Julian just nodded, but didn’t look up at her to acknowledge the shared memory. She shouldn’t expect him to, Emma reminded herself. Julian wasn’t going to be the way she remembered again for a long time, if ever.
She felt herself blush, though no one seemed to notice but Cristina, who shot her a look of concern. Diego had his arm around Cristina, but her hands were resting in her lap. She gave Emma a slight wave, more of a finger wiggle.
“Maybe we should get back to discussing the matter at hand,” Diana said. “If Makara remains only last a day or two on land . . .”
“Then that demon was at Malcolm’s house really recently,” said Livvy. “Like, well after he died.”
“Which is odd,” Julian said, glancing at the book. “It’s a deep-sea demon, pretty deadly and very big. You’d think someone would have noticed it. Plus, it can’t possibly have wanted anything from a collapsed house.”
“Who knows what desires a sea demon might possess?” said Mark.

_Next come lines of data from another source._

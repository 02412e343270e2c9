//! Searches by day.
ghost use Rattle.book_model.specs.programs.Calls.{Decides};
ghost use Rattle.book_model.specs.programs.Widths.{IsClose};
ghost use Rattle.std.specs.Prelude.{◌≡◌, ◌+ℤ◌, pos, negsuc, ◌≤ℤ◌, ℤ, Bool, IfOk, IfErr};
ghost use Rattle.book_model.specs.programs.Programs.{Program};
ghost use Rattle.book_model.specs.programs.Searches.{first_day_from};
ghost use Rattle.book_model.specs.sky.Facts.{IsFactDay};

use crate::{Enclosure, Trail};
use book_model::{Fail, Site};

// A start 100 days within the range of facts is asked for, so that each day that is tried is one.
/// How many days a search tries.
const DAYS_TRIED: u32 = 46;

// So `first_day` is proved once for all kinds of facts. No number of tests stands here: how many a
// formula makes is said of the definitions (`fact_eval::laws::counts`).
/// What a search by day looks for: a test of a day.
pub trait DayTest<E: Enclosure> {
    /// The test of a day, as a formula.
    ghost test_of: { Self → ℤ → Program Bool };

    // That may depend on the location that the test keeps, or on the century.
    /// Of which test and day its failures are known to be close at the scale 2⁻⁵⁶.
    ghost near_on: { Self → ℤ → Type 0 };

    /// Whether the test is true of a day (R.D.). It makes the tests of its formula, and fails where that does.
    fn holds(&self, day: i64, trail: &mut Trail) -> Result<bool, Fail>
        requires day { IsFactDay day }
        ensures leads { Decides (test_of self.now day) trail.old.count trail.new.count result }
        ensures close { near_on self.now day → E.BITS ≡ 56 → IfErr result IsClose };
}

/// The first day (R.D.) of which a test is true, of the start and the 45 days after it. It fails where the test does,
/// and is void at `search` where there is no such day.
pub fn first_day<E: Enclosure, T: DayTest<E>>(
    test: &T,
    start: i64,
    trail: &mut Trail,
) -> Result<i64, Fail>
    requires low { negsuc 39999899 ≤ℤ start }
    requires high { start ≤ℤ pos 39999900 }
    ensures leads { Decides (first_day_from (T.test_of test.now) start) trail.old.count
        trail.new.count result }
    ensures close { ((d : ℤ) → start ≤ℤ d → d ≤ℤ (start +ℤ pos 45) → T.near_on test.now d)
        → E.BITS ≡ 56 → IfErr result IsClose }
    ensures from { IfOk result (λ d. start ≤ℤ d) }
    ensures to { IfOk result (λ d. d ≤ℤ (start +ℤ pos 45)) }
{
    for later in 0..DAYS_TRIED {
        let day = start + i64::from(later);
        if test.holds(day, trail)? {
            return Ok(day);
        }
    }
    Err(Fail::Void(Site::Search))
}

“Assuming it wasn’t after Malcolm’s collection of elegant tentacle warmers,” said Julian, “we have to imagine that it was most likely summoned. Makara demons just don’t come up on land. They lurk on the ocean’s bottom and sometimes pull ships down.”
“Another warlock, then?” Jace suggested. “Someone Malcolm was working with?”
“Catarina doesn’t believe Malcolm worked with anyone else,” said Diana. “He was friendly with Magnus, but he was otherwise something of a loner—for obvious reasons, it now appears.”
“If he was working with another warlock, he wouldn’t be likely to advertise the fact, though,” said Diego.
“It certainly appears Malcolm was determined to cause mischief from beyond the grave if anything happened to him,” said Diana.
“Well, the tentacle wasn’t the only thing we found,” Cristina said. “Mark, show them the glove.”
Emma had already seen it, on their way back from Malcolm’s, but she leaned in along with everyone else as Mark drew it from his jacket pocket and laid it on the table.
“The sigil of the Unseelie King,” said Mark. “A glove such as this is rare. Kieran wore such when he came to the Hunt. I could identify his brothers, sometimes, at revels, by their cloaks and gloves or gauntlets such as these.”
“So it’s odd Malcolm would have one,” said Livvy. Emma didn’t see Ty beside her; had he gone into the book stacks?
“No faerie prince would part with such a thing willingly,” said Mark. “Save as a special mark of favor, or to bind a promise.”
Diana frowned. “We know Malcolm was working with Iarlath.”
“But he was not a prince. Not even gentry,” said Mark. “This would indicate that Malcolm had sworn some kind of a bargain with the Unseelie Court itself.”
“We know he went to the Unseelie King years ago,” said Emma. “It was the Unseelie King who gave him the rhyme he was supposed to use to raise Annabel. ‘First the flame and then the flood—’?”
“?‘In the end, it’s Blackthorn blood,’?” Julian finished for her.